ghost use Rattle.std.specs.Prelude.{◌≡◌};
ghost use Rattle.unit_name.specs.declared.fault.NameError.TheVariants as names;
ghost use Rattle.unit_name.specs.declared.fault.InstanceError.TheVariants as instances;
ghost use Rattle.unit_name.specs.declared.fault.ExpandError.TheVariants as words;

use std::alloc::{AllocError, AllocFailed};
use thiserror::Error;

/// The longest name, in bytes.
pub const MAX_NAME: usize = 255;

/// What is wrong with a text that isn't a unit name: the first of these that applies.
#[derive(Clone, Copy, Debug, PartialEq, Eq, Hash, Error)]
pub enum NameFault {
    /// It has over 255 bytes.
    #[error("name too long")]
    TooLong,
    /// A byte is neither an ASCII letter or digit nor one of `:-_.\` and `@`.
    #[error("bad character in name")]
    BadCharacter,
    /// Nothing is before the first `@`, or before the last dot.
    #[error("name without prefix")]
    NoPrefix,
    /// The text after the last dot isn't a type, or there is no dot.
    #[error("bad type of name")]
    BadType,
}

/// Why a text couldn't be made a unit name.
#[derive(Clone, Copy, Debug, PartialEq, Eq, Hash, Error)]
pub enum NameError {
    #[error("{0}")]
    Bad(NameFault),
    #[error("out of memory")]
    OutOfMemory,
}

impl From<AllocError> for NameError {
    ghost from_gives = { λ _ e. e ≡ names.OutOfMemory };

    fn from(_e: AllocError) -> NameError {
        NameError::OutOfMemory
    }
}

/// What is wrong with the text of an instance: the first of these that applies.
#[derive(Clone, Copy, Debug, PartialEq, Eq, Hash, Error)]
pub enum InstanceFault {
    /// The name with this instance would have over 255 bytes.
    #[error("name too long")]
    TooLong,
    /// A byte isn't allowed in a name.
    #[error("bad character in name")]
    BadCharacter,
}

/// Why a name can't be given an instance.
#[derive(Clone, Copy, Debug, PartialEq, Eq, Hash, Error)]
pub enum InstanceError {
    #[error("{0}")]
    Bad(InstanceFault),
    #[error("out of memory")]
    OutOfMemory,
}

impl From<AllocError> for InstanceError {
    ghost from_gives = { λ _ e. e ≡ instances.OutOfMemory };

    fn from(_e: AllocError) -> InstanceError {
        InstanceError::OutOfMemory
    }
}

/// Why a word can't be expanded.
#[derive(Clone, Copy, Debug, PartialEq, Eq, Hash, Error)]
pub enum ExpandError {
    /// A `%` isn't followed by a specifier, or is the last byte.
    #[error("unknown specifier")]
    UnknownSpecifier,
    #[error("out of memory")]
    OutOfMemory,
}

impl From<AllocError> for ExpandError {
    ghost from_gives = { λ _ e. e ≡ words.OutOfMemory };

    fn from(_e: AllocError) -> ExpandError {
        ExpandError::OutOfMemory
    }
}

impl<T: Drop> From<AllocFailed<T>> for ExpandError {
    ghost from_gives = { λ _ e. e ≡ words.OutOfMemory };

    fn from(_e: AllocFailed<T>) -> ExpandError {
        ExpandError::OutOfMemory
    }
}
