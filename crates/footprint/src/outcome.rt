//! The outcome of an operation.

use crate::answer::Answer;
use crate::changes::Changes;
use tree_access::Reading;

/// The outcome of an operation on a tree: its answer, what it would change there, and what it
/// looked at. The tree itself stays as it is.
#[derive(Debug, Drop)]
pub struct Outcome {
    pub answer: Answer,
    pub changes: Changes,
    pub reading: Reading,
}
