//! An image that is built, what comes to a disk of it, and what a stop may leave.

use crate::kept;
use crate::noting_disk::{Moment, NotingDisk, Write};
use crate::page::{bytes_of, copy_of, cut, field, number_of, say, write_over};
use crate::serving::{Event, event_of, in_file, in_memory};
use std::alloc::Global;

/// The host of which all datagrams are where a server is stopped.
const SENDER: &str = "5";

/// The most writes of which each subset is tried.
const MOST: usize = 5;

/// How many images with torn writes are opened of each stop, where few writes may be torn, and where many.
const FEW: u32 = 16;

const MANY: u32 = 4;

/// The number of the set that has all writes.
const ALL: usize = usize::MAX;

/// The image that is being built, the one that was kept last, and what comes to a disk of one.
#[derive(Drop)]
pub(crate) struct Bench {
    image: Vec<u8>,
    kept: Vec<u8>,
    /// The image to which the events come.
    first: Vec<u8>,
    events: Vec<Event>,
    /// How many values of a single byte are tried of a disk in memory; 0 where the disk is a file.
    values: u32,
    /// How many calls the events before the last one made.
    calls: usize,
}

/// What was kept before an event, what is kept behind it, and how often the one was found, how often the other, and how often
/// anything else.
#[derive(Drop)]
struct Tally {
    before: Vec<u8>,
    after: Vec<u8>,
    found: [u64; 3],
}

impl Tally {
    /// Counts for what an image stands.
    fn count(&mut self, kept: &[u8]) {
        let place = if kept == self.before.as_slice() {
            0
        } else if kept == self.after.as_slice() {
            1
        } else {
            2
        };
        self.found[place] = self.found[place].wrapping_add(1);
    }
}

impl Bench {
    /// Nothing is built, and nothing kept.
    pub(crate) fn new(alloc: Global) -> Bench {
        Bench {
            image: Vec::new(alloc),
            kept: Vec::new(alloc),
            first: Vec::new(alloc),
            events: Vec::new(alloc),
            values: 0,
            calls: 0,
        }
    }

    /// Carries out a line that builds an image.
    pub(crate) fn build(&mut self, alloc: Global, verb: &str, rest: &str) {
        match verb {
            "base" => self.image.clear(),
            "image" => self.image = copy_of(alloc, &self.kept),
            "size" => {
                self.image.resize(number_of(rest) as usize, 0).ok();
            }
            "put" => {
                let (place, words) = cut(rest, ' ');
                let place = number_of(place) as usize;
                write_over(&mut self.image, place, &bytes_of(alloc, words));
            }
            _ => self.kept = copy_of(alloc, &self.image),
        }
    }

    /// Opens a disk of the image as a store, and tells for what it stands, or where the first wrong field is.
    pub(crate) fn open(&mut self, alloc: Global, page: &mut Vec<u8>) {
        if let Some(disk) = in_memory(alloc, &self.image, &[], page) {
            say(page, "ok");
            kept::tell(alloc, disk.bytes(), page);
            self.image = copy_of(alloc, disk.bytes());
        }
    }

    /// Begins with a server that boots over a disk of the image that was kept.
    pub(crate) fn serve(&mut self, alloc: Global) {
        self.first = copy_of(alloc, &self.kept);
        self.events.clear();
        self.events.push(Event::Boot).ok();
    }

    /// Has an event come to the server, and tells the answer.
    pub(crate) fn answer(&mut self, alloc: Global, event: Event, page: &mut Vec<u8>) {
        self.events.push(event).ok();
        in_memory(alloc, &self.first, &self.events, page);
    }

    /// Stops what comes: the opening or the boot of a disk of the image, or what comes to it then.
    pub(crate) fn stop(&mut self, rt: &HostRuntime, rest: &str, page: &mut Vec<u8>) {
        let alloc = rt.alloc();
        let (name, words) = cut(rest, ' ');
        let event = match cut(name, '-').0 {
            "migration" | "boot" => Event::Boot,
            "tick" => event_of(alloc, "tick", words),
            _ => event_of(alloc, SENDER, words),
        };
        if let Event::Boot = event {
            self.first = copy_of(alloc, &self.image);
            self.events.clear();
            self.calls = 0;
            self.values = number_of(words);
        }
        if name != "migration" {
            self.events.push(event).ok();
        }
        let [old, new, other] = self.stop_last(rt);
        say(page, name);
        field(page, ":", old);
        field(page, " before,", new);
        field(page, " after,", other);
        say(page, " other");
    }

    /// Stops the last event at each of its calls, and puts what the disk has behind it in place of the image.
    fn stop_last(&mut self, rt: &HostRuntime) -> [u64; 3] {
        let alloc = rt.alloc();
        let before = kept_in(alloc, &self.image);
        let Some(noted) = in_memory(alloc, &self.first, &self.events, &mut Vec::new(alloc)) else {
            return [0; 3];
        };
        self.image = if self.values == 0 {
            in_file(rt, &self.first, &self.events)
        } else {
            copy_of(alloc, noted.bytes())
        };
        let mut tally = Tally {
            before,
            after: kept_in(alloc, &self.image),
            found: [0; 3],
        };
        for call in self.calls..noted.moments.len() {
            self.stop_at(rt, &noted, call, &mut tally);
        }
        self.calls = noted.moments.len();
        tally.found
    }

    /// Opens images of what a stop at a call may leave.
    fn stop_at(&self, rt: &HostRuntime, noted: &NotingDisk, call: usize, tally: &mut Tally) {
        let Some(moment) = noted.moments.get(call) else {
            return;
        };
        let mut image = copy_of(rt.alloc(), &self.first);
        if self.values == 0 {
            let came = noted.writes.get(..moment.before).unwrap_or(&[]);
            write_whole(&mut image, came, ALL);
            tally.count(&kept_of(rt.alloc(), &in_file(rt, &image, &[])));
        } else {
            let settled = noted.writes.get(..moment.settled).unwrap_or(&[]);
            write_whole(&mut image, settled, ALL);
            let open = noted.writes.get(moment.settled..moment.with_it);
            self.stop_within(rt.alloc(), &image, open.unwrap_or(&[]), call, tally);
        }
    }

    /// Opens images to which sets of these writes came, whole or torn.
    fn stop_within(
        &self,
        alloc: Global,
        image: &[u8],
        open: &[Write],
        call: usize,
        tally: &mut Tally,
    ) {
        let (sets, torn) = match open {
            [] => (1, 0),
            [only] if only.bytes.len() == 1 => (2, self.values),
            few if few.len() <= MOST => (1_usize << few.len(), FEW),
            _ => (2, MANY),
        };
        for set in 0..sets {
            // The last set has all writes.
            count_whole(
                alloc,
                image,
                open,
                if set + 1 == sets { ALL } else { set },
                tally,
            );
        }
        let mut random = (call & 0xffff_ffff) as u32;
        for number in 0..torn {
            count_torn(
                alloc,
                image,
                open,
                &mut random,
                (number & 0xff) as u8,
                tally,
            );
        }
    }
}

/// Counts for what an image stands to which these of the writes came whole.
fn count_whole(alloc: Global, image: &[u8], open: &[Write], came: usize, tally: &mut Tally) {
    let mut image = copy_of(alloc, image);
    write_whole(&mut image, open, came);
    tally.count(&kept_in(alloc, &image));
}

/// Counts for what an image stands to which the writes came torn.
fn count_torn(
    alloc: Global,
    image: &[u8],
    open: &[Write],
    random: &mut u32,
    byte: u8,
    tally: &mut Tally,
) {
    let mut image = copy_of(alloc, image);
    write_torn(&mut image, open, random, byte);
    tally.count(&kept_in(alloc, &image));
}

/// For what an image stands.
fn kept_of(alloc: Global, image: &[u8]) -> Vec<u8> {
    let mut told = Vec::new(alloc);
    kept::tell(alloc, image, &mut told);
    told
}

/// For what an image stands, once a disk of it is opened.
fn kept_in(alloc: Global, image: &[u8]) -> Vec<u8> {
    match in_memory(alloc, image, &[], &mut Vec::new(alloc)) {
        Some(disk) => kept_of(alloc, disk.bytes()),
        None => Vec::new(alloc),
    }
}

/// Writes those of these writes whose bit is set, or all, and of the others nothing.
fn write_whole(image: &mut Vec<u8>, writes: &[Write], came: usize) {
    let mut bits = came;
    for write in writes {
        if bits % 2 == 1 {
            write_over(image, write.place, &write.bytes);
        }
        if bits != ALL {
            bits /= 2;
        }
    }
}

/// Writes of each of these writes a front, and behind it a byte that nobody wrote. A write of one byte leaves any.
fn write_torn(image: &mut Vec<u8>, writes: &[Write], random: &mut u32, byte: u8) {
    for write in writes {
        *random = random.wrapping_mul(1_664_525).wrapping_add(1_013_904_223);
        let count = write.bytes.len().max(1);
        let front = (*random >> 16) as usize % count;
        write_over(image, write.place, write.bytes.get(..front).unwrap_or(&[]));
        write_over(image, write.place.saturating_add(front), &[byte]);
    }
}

________

### BRIEF
Copy each line above containing the string "struct".

### FINISHED EXERCISE
pub struct Outcome {
pub(crate) struct Bench {
struct Tally {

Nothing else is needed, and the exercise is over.